建設土曜閉所、6年ぶり6割台回復……休日確保の意識拡大が効果 画像 建設土曜閉所、6年ぶり6割台回復……休日確保の意識拡大が効果

マネジメント

 日本建設産業職員労働組合協議会(日建協、田中宏幸議長)は3日、6月13日に行った「2015年6月統一土曜閉所運動」(26回目)の結果を発表した。当日の完全閉所またはほかの日に替えて閉所(読み替え閉所)したのは61・1%(前年同月比8・5ポイント増)と、6年ぶりに60%台を回復した。日建協は「明るい兆しが見えてきた」と受け止めており、27回目となる11月14日の統一土曜閉所に向け、休日確保の必要性をアピールするとともに運動に一段と力を入れる。

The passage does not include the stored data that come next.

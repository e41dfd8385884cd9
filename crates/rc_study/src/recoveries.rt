//! What is known of recoveries: what was answered in their attempts, and the parts of their plans.

use crate::servers::pair;
use rc_types::{KeyRange, Pair, Part, Row, ServerId};
use std::alloc::{AllocError, Global};
use std::collections::{HashMap, HashSet};

/// How many keys are looked at, those below.
const KEYS: usize = 4;

/// A part of a plan.
#[derive(Clone, Copy)]
struct Given {
    master: ServerId,
    granted: bool,
}

/// An attempt.
#[derive(Drop)]
pub(crate) struct Attempt {
    pub(crate) master: ServerId,
    /// Whether an open row below the least pair was answered.
    pub(crate) has_stale: bool,
    /// The segments of which a closed row was answered.
    closed: HashSet<u16>,
    /// The segments of which a valid open row was answered.
    open: HashSet<u16>,
}

impl Attempt {
    /// A row was answered, where this is the least pair of the master.
    pub(crate) fn answer(&mut self, row: &Row, least: Pair) -> Result<(), AllocError> {
        if row.closed {
            self.closed.insert(row.seg)?;
        } else if pair(row.seg, row.epoch) < least {
            self.has_stale = true;
        } else {
            self.open.insert(row.seg)?;
        }
        Ok(())
    }

    /// Whether both a closed row and a valid open one of this segment were answered.
    pub(crate) fn has_both(&self, seg: u16) -> bool {
        self.closed.contains(&seg) && self.open.contains(&seg)
    }
}

/// What is known of recoveries.
#[derive(Drop)]
pub(crate) struct Recoveries {
    alloc: Global,
    attempts: HashMap<u32, Attempt>,
    parts: HashMap<u32, Given>,
    table: u32,
    terms: [u32; KEYS],
    owners: [u64; KEYS],
}

impl Recoveries {
    /// There are none.
    pub(crate) fn new(alloc: Global) -> Recoveries {
        Recoveries {
            alloc,
            attempts: HashMap::new(alloc),
            parts: HashMap::new(alloc),
            table: 0,
            terms: [0; KEYS],
            owners: [0; KEYS],
        }
    }

    /// Replicas of the master are asked for in this attempt: whether that is the first time.
    pub(crate) fn gather(&mut self, attempt: u32, master: ServerId) -> Result<bool, AllocError> {
        if self.attempts.contains_key(&attempt) {
            return Ok(false);
        }
        let begun = Attempt {
            master,
            has_stale: false,
            closed: HashSet::new(self.alloc),
            open: HashSet::new(self.alloc),
        };
        self.attempts.insert(attempt, begun)?;
        Ok(true)
    }

    /// What is known of an attempt.
    pub(crate) fn attempt(&self, attempt: u32) -> Option<&Attempt> {
        self.attempts.get(&attempt)
    }

    /// What is known of an attempt.
    pub(crate) fn attempt_mut(&mut self, attempt: u32) -> Option<&mut Attempt> {
        self.attempts.get_mut(&attempt)
    }

    /// A part was given to a recovery master: whether that is the first time.
    pub(crate) fn give(&mut self, master: ServerId, part: Part) -> Result<bool, AllocError> {
        if self.has_part(part.term) {
            return Ok(false);
        }
        let granted = false;
        self.parts.insert(part.term, Given { master, granted })?;
        Ok(true)
    }

    /// Whether this is the new term of a part.
    pub(crate) fn has_part(&self, term: u32) -> bool {
        self.parts.contains_key(&term)
    }

    /// The part of this term is granted: to whom it was given, if it is a part, and granted for the first time.
    pub(crate) fn grant(&mut self, term: u32) -> Option<ServerId> {
        let given = self.parts.get_mut(&term)?;
        if given.granted {
            return None;
        }
        given.granted = true;
        Some(given.master)
    }

    /// Keys have one owner more, if the term is a new one for them. A new table begins anew.
    pub(crate) fn own(&mut self, range: &KeyRange, term: u32) {
        if range.table > self.table {
            self.table = range.table;
            self.terms = [0; KEYS];
            self.owners = [0; KEYS];
        }
        for key in 0..KEYS {
            if range.holds(self.table, key as u64) && self.terms[key] < term {
                self.terms[key] = term;
                self.owners[key] = self.owners[key].saturating_add(1);
            }
        }
    }

    /// The most owners that one of the keys has had.
    pub(crate) fn owners(&self) -> u64 {
        self.owners.iter().copied().max().unwrap_or(0)
    }
}
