//! The lines that tell what a run has reached, and what several runs have reached together.

use crate::counts::{Counts, OUTCOME_NAMES, OUTCOMES, more, sum};
use crate::rules::{RULE_NAMES, RULES, Rule};
use rc_types::{EventKind, Kind};
use std::alloc::AllocError;

impl Counts {
    /// The lines of it: the events, the messages and the refusals by kind, what came of them, and what was not reached:
    /// kinds of messages that were never sent, what never came of the events, and rules.
    ///
    /// # Errors
    ///
    /// Memory was refused.
    pub fn tell(&self, text: &mut String) -> Result<(), AllocError> {
        let event_names = EventKind::ALL.map(|kind| kind.name());
        let message_names = Kind::ALL.map(|kind| kind.name());
        text.push_str("events")?;
        tell_counted(text, &event_names, &self.events)?;
        text.push_str("\nmessages")?;
        tell_counted(text, &message_names, &self.bodies)?;
        text.push_str("\nrefusals")?;
        for (code, count) in self.refused.iter().enumerate() {
            if *count > 0 {
                write!(text, " F{code} {count}")?;
            }
        }
        text.push_str("\nreached")?;
        tell_all(text, &self.outcomes())?;
        text.push_str("\nunreached")?;
        tell_missing(text, &message_names, &self.bodies)?;
        tell_missing(text, &OUTCOME_NAMES, &self.outcomes())?;
        text.push_str("\nunreached-rules")?;
        tell_missing(text, &RULE_NAMES, &self.rules)?;
        text.push_str("\n")
    }

    /// The line of it among those of other seeds.
    ///
    /// # Errors
    ///
    /// Memory was refused.
    pub fn tell_seed(&self, text: &mut String, seed: u64, clean: bool) -> Result<(), AllocError> {
        write!(text, "seed {seed}")?;
        tell_count(text, "events", sum(&self.events))?;
        tell_count(text, "messages", sum(&self.bodies))?;
        tell_counted(text, &OUTCOME_NAMES, &self.outcomes())?;
        let rules = self.rules.iter().filter(|count| **count > 0).count();
        tell_count(text, "rules", rules as u64)?;
        write!(text, "/{RULES}")?;
        text.push_str(if clean { " clean\n" } else { " breach\n" })
    }
}

/// What several runs have reached together, and in how many of them.
#[derive(Clone, Copy)]
pub struct Sum {
    total: Counts,
    runs: u64,
    breaches: u64,
    outcomes: [u64; OUTCOMES],
    rules: [u64; RULES],
    /// Runs with a write acknowledged, a head rolled and a part recovered.
    full: u64,
}

impl Sum {
    /// Of no run.
    pub fn new() -> Sum {
        Sum {
            total: Counts::new(),
            runs: 0,
            breaches: 0,
            outcomes: [0; OUTCOMES],
            rules: [0; RULES],
            full: 0,
        }
    }

    /// One more run, which was clean or had a breach.
    pub fn add(&mut self, counts: &Counts, clean: bool) {
        self.total.add(counts);
        more(&mut self.runs);
        if !clean {
            more(&mut self.breaches);
        }
        add_reached(&mut self.outcomes, &counts.outcomes());
        add_reached(&mut self.rules, &counts.rules);
        if counts.bodies[2] > 0 && counts.reached(Rule::Roll) > 0 && counts.recovered > 0 {
            more(&mut self.full);
        }
    }

    /// The lines of it: those of a single run, of all that was counted; in how many runs what came of the events was
    /// reached, and each rule; and how many runs there were.
    ///
    /// # Errors
    ///
    /// Memory was refused.
    pub fn tell(&self, text: &mut String) -> Result<(), AllocError> {
        self.total.tell(text)?;
        text.push_str("in-runs")?;
        tell_all(text, &self.outcomes)?;
        write!(text, " all-three {}\nrules-in-runs", self.full)?;
        tell_counted(text, &RULE_NAMES, &self.rules)?;
        write!(text, "\nruns {}\nbreaches {}\n", self.runs, self.breaches)
    }
}

/// One run more at each place at which something was counted.
fn add_reached(runs: &mut [u64], counts: &[u64]) {
    for (run, count) in runs.iter_mut().zip(counts) {
        *run = run.saturating_add(u64::from(*count > 0));
    }
}

/// A name and its count.
fn tell_count(text: &mut String, name: &str, count: u64) -> Result<(), AllocError> {
    write!(text, " {name} {count}")
}

/// All counts of what came of the events, by name.
fn tell_all(text: &mut String, counts: &[u64; OUTCOMES]) -> Result<(), AllocError> {
    for (name, count) in OUTCOME_NAMES.iter().zip(counts) {
        tell_count(text, name, *count)?;
    }
    Ok(())
}

/// The counts by name; where one is 0, it is left out.
fn tell_counted(
    text: &mut String,
    names: &[&'static str],
    counts: &[u64],
) -> Result<(), AllocError> {
    for (name, count) in names.iter().zip(counts) {
        if *count > 0 {
            tell_count(text, name, *count)?;
        }
    }
    Ok(())
}

/// The names whose count is 0.
fn tell_missing(
    text: &mut String,
    names: &[&'static str],
    counts: &[u64],
) -> Result<(), AllocError> {
    for (name, count) in names.iter().zip(counts) {
        if *count == 0 {
            write!(text, " {name}")?;
        }
    }
    Ok(())
}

 加盟36組合のうち32組合が調査に回答した。それによると、作業所総数4998カ所の閉所率は、完全閉所率が43・6%(7・3ポイント増)、読み替え閉所率が17・5%(1・2ポイント増)。内訳は、土木が閉所率64・8%(4・4ポイント増)、完全閉所率46・9%(6・2ポイント増)、読み替え閉所率17・9%(1・8ポイント減)、建築が閉所率57・8%(11・9ポイント増)、完全閉所率40・6%(8・2ポイント増)、読み替え閉所率17・2%(3・7ポイント増)だった。
 日建協は、経営幹部が閉所率の目標を設定するなど、休日増加に対する意識の高揚が60%超の閉所率につながったとみている。5加盟組合は閉所率が80%を超えた。建築工事の閉所率向上には、意識の高揚に加え、工事の大型化に伴う職員の増加で作業効率が高まっていることがあると分析している。一方で約4割の作業所は閉所が達成できておらず、閉所率が10%台の組合もあった。工程の厳しさや「技能者が土曜にしか手配できなかった」ことなどが理由に挙がっているという。

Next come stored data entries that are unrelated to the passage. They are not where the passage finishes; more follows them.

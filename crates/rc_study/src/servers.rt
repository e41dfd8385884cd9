//! What is known of hosts and of their servers: which run, which were suspected, whom a backup has fenced, who was
//! deposed, which list each was given, and what each has sent as a master.

use crate::logs::{Log, Segment};
use rc_types::{Pair, Part, ServerId};
use std::alloc::{AllocError, Global};
use std::collections::HashSet;
use std::mem::replace;

/// No pair is below it.
const LEAST: Pair = Pair { seg: 0, epoch: 0 };

/// This segment under this epoch.
pub(crate) fn pair(seg: u16, epoch: u16) -> Pair {
    Pair { seg, epoch }
}

/// What is known of a server that was started.
#[derive(Drop)]
pub(crate) struct Server {
    /// Whether it runs.
    pub(crate) runs: bool,
    /// Whether the coordinator was told to suspect it.
    pub(crate) is_suspected: bool,
    /// Whether it has learnt that it was replaced.
    pub(crate) is_deposed: bool,
    /// The greatest version of a list that it was given.
    pub(crate) list: u32,
    /// The least pair of its log.
    pub(crate) least: Pair,
    /// The newest attempt to recover it.
    pub(crate) attempt: Option<u32>,
    /// The parts of plans that it was given and that were not granted.
    pub(crate) waiting: Vec<Part>,
    /// What it has sent of its segments.
    pub(crate) log: Log,
}

impl Server {
    /// Whether it was given a part with this key that was not granted.
    pub(crate) fn awaits(&self, table: u32, key: u64) -> bool {
        self.waiting.iter().any(|part| part.range.holds(table, key))
    }
}

/// What is known of a host.
#[derive(Drop)]
struct Host {
    /// Its servers, from the first start on.
    servers: Vec<Server>,
    /// The replicas of which it has told that they are open, by master and segment, since it was started last; some of
    /// them are so no longer.
    open: Vec<(ServerId, u16)>,
    has_closed: bool,
}

/// What is known of hosts and servers.
#[derive(Drop)]
pub(crate) struct Servers {
    alloc: Global,
    hosts: Vec<Host>,
    fences: HashSet<(ServerId, ServerId)>,
}

impl Servers {
    /// No host was started.
    pub(crate) fn new(alloc: Global) -> Servers {
        Servers {
            alloc,
            hosts: Vec::new(alloc),
            fences: HashSet::new(alloc),
        }
    }

    /// The host is started.
    pub(crate) fn start(&mut self, host: u8) -> Result<(), AllocError> {
        let at = host as usize;
        for _ in self.hosts.len()..at.saturating_add(1) {
            self.hosts.push(Host {
                servers: Vec::new(self.alloc),
                open: Vec::new(self.alloc),
                has_closed: false,
            })?;
        }
        if let Some(known) = self.hosts.get_mut(at) {
            known.servers.push(Server {
                runs: true,
                is_suspected: false,
                is_deposed: false,
                list: 0,
                least: LEAST,
                attempt: None,
                waiting: Vec::new(self.alloc),
                log: Log::new(self.alloc),
            })?;
        }
        Ok(())
    }

    /// How often the host was started.
    pub(crate) fn starts(&self, host: u8) -> usize {
        let known = self.hosts.get(host as usize);
        known.map_or(0, |known| known.servers.len())
    }

    /// What is known of a server, if it was started.
    pub(crate) fn get(&self, id: ServerId) -> Option<&Server> {
        let at = (id.generation as usize).checked_sub(1)?;
        self.hosts.get(id.index as usize)?.servers.get(at)
    }

    /// What is known of a server, if it was started.
    pub(crate) fn get_mut(&mut self, id: ServerId) -> Option<&mut Server> {
        let at = (id.generation as usize).checked_sub(1)?;
        self.hosts.get_mut(id.index as usize)?.servers.get_mut(at)
    }

    /// What is known of a segment of a master, if it was placed.
    pub(crate) fn segment(&self, master: ServerId, seg: u16) -> Option<&Segment> {
        self.get(master)?.log.segment(seg)
    }

    /// What is known of a segment of a master, if it was placed.
    pub(crate) fn segment_mut(&mut self, master: ServerId, seg: u16) -> Option<&mut Segment> {
        self.get_mut(master)?.log.segment_mut(seg)
    }

    /// Whether the server was suspected.
    pub(crate) fn is_suspected(&self, id: ServerId) -> bool {
        self.get(id).is_some_and(|server| server.is_suspected)
    }

    /// The least pair of the server's log.
    pub(crate) fn least_of(&self, id: ServerId) -> Pair {
        self.get(id).map_or(LEAST, |server| server.least)
    }

    /// The backup fences the master: whether it has done so already.
    pub(crate) fn fence(&mut self, backup: ServerId, master: ServerId) -> Result<bool, AllocError> {
        Ok(!self.fences.insert((backup, master))?)
    }

    /// Whether the backup has fenced the master.
    pub(crate) fn has_fenced(&self, backup: ServerId, master: ServerId) -> bool {
        self.fences.contains(&(backup, master))
    }

    /// The host has told of a closed replica.
    pub(crate) fn close(&mut self, host: u8) {
        if let Some(known) = self.hosts.get_mut(host as usize) {
            known.has_closed = true;
        }
    }

    /// Whether the host has told of a closed replica.
    pub(crate) fn has_closed(&self, host: u8) -> bool {
        let known = self.hosts.get(host as usize);
        known.is_some_and(|known| known.has_closed)
    }

    /// The host has told of an open replica of which it has not told before.
    pub(crate) fn open(&mut self, host: u8, master: ServerId, seg: u16) -> Result<(), AllocError> {
        if let Some(known) = self.hosts.get_mut(host as usize) {
            known.open.push((master, seg))?;
        }
        Ok(())
    }

    /// The replicas of which the host has told that they are open, others from now on.
    pub(crate) fn take_open(&mut self, host: u8) -> Vec<(ServerId, u16)> {
        let none = Vec::new(self.alloc);
        match self.hosts.get_mut(host as usize) {
            Some(known) => replace(&mut known.open, none),
            None => none,
        }
    }
}
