//! What a step has answered.

use crate::replicas::Replica;
use rc_types::{Body, Code, Kind, Message};

/// What was stored, as a backup answers it.
pub(crate) fn stored_in(answer: &[Message]) -> Option<Replica> {
    let mut sent = answer.iter();
    sent.find_map(|message| Replica::told_in(&message.body))
}

/// The number of the code with which it was refused; 0 where it was not.
pub(crate) fn refusal_in(answer: &[Message]) -> u8 {
    let code = answer.iter().find_map(|message| match &message.body {
        Body::Refused { code } => Some(code.number()),
        _ => None,
    });
    code.unwrap_or(0)
}

/// Whether it was refused with this code.
pub(crate) fn is_refused(answer: &[Message], code: Code) -> bool {
    refusal_in(answer) == code.number()
}

/// How many messages of this kind were sent.
pub(crate) fn count_of(answer: &[Message], kind: Kind) -> usize {
    let sent = answer.iter();
    sent.filter(|message| Kind::of(&message.body) == kind)
        .count()
}

/// Whether a segment was placed.
pub(crate) fn places(answer: &[Message], wanted: u16) -> bool {
    let mut sent = answer.iter();
    sent.any(|message| matches!(&message.body, Body::Place { seg, .. } if *seg == wanted))
}

/// The version that was read, if one was.
pub(crate) fn version_read(answer: &[Message]) -> Option<u64> {
    answer.iter().find_map(|message| match &message.body {
        Body::ReadOk { version, .. } => Some(*version),
        _ => None,
    })
}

 6月の運動から、国土交通省と建設業労働災害防止協会が後援。国交省直轄工事の閉所率は64・3%(7・7ポイント増)、完全閉所率46・8%(10・0ポイント増)、読み替え閉所率17・5%(2・3ポイント減)となった。日建協は、直轄工事の閉所は自治体や民間工事への波及効果が大きいとみている。